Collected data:
===============

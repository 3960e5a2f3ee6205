//! Receipts read from text in JSON: an array whose entries give the commands, one after another.

ghost use Rattle.std.specs.Prelude.{◌≡◌, ◌≢◌, ℕ, List, [], ◌∷◌, ◌<◌, None, Ok, Err, IfErr, ◌≤◌, ◌+◌, ◌++◌, ◌⊎◌, length, IfOk, IfSome, MatchOption, OnOk, IsErrOf, map, flat_map, vec_len, vec_capacity};
ghost use Rattle.escpos_command.specs.declared.command.Command.{Command};
ghost use Rattle.escpos_receipt.specs.SpelledText.{IsTextBytes, lines_commands};
ghost use Rattle.escpos_receipt.specs.declared.options.ReceiptOptions.{ReceiptOptions};
ghost use Rattle.escpos_receipt.specs.EntryCommands.{IsValueOf, commands_in, commands_meant};
ghost use Rattle.serde_json.specs.Data.{array};
ghost use Rattle.serde_json.specs.Find.{as_array};
ghost use Rattle.serde_json.specs.View.{items_view, view};
ghost use Rattle.serde_json.specs.Errors.{IsMemory};
ghost use Rattle.escpos_receipt.specs.Describes.{Describes, DescribesWith, Give, IsFaultWith, IsJsonFault, IsRefusedArray, IsRefusedEntry};
ghost use Rattle.escpos_receipt.specs.Entries.{in_force, meaning};
ghost use Rattle.escpos_receipt.specs.EntryCommands.{force_after};
ghost use Rattle.escpos_receipt.specs.EntryErrors.{error_at};
ghost use Rattle.escpos_receipt.specs.Options.{usual_options};
ghost use Rattle.escpos_receipt.specs.Printable.{IsPrintable};
ghost use Rattle.escpos_receipt.specs.ReadBack.{PrintsAsWritten};
ghost use Rattle.escpos_receipt.specs.Whole.{Whole};

use crate::codes::are_printable;
use crate::entries::are_whole;
use crate::entry::{Entry, EntryFault, Meaning, read_entry};
use crate::in_force::InForce;
use crate::laws;
use crate::options::ReceiptOptions;
use crate::receipt::{Receipt, ReceiptFault};
use escpos_command::{Character, Command, ESC, LF, SettingKind};
use serde_json::{Category, Value};
use std::alloc::{AllocError, Global};
use std::marker::Model;

/// Why a text gives no receipt: the first reason that applies. 5 comes first; then, at the first entry that is refused, 6,
/// 7 or 8, with its place, counted from 0; then why its commands aren't a receipt, 1 to 4 or 9; then 10.
#[derive(Clone, Copy, Debug, PartialEq, Eq)]
pub enum JsonFault {
    /// 1 to 4, or 9: the commands that the text describes aren't a receipt.
    NotWhole(ReceiptFault),
    /// 5: it isn't JSON in UTF-8, or it nests deeper than 127.
    NotJson,
    /// 6: the entry at this place has no member of the table, more than one, or one with a value that it may not have. Or
    /// the text isn't an array; then the place is 0.
    BadShape { at: usize },
    /// 7: the text of the entry at this place has a control character.
    ControlByte { at: usize },
    /// 8: the text of the entry at this place has this character, which no code table of the choice has.
    NoCharacter { at: usize, character: char },
    /// 10: a printer with lines of the width that the options have leaves out the barcode or the QR code of the command at this
    /// place: it is wider than the line, or there is none with this content.
    NotPrintable { at: usize },
}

===============

◆ Work instructions ◆
Each line above needs to be returned exactly as it is.

◆ Answer for this exercise ◆
repository 3960e5a2f3ee6205
//! Receipts read from text in JSON: an array whose entries give the commands, one after another.

ghost use Rattle.std.specs.Prelude.{◌≡◌, ◌≢◌, ℕ, List, [], ◌∷◌, ◌<◌, None, Ok, Err, IfErr, ◌≤◌, ◌+◌, ◌++◌, ◌⊎◌, length, IfOk, IfSome, MatchOption, OnOk, IsErrOf, map, flat_map, vec_len, vec_capacity};
ghost use Rattle.escpos_command.specs.declared.command.Command.{Command};
ghost use Rattle.escpos_receipt.specs.SpelledText.{IsTextBytes, lines_commands};
ghost use Rattle.escpos_receipt.specs.declared.options.ReceiptOptions.{ReceiptOptions};
ghost use Rattle.escpos_receipt.specs.EntryCommands.{IsValueOf, commands_in, commands_meant};
ghost use Rattle.serde_json.specs.Data.{array};
ghost use Rattle.serde_json.specs.Find.{as_array};
ghost use Rattle.serde_json.specs.View.{items_view, view};
ghost use Rattle.serde_json.specs.Errors.{IsMemory};
ghost use Rattle.escpos_receipt.specs.Describes.{Describes, DescribesWith, Give, IsFaultWith, IsJsonFault, IsRefusedArray, IsRefusedEntry};
ghost use Rattle.escpos_receipt.specs.Entries.{in_force, meaning};
ghost use Rattle.escpos_receipt.specs.EntryCommands.{force_after};
ghost use Rattle.escpos_receipt.specs.EntryErrors.{error_at};
ghost use Rattle.escpos_receipt.specs.Options.{usual_options};
ghost use Rattle.escpos_receipt.specs.Printable.{IsPrintable};
ghost use Rattle.escpos_receipt.specs.ReadBack.{PrintsAsWritten};
ghost use Rattle.escpos_receipt.specs.Whole.{Whole};

use crate::codes::are_printable;
use crate::entries::are_whole;
use crate::entry::{Entry, EntryFault, Meaning, read_entry};
use crate::in_force::InForce;
use crate::laws;
use crate::options::ReceiptOptions;
use crate::receipt::{Receipt, ReceiptFault};
use escpos_command::{Character, Command, ESC, LF, SettingKind};
use serde_json::{Category, Value};
use std::alloc::{AllocError, Global};
use std::marker::Model;

/// Why a text gives no receipt: the first reason that applies. 5 comes first; then, at the first entry that is refused, 6,
/// 7 or 8, with its place, counted from 0; then why its commands aren't a receipt, 1 to 4 or 9; then 10.
#[derive(Clone, Copy, Debug, PartialEq, Eq)]
pub enum JsonFault {
    /// 1 to 4, or 9: the commands that the text describes aren't a receipt.
    NotWhole(ReceiptFault),
    /// 5: it isn't JSON in UTF-8, or it nests deeper than 127.
    NotJson,
    /// 6: the entry at this place has no member of the table, more than one, or one with a value that it may not have. Or
    /// the text isn't an array; then the place is 0.
    BadShape { at: usize },
    /// 7: the text of the entry at this place has a control character.
    ControlByte { at: usize },
    /// 8: the text of the entry at this place has this character, which no code table of the choice has.
    NoCharacter { at: usize, character: char },
    /// 10: a printer with lines of the width that the options have leaves out the barcode or the QR code of the command at this
    /// place: it is wider than the line, or there is none with this content.
    NotPrintable { at: usize },
}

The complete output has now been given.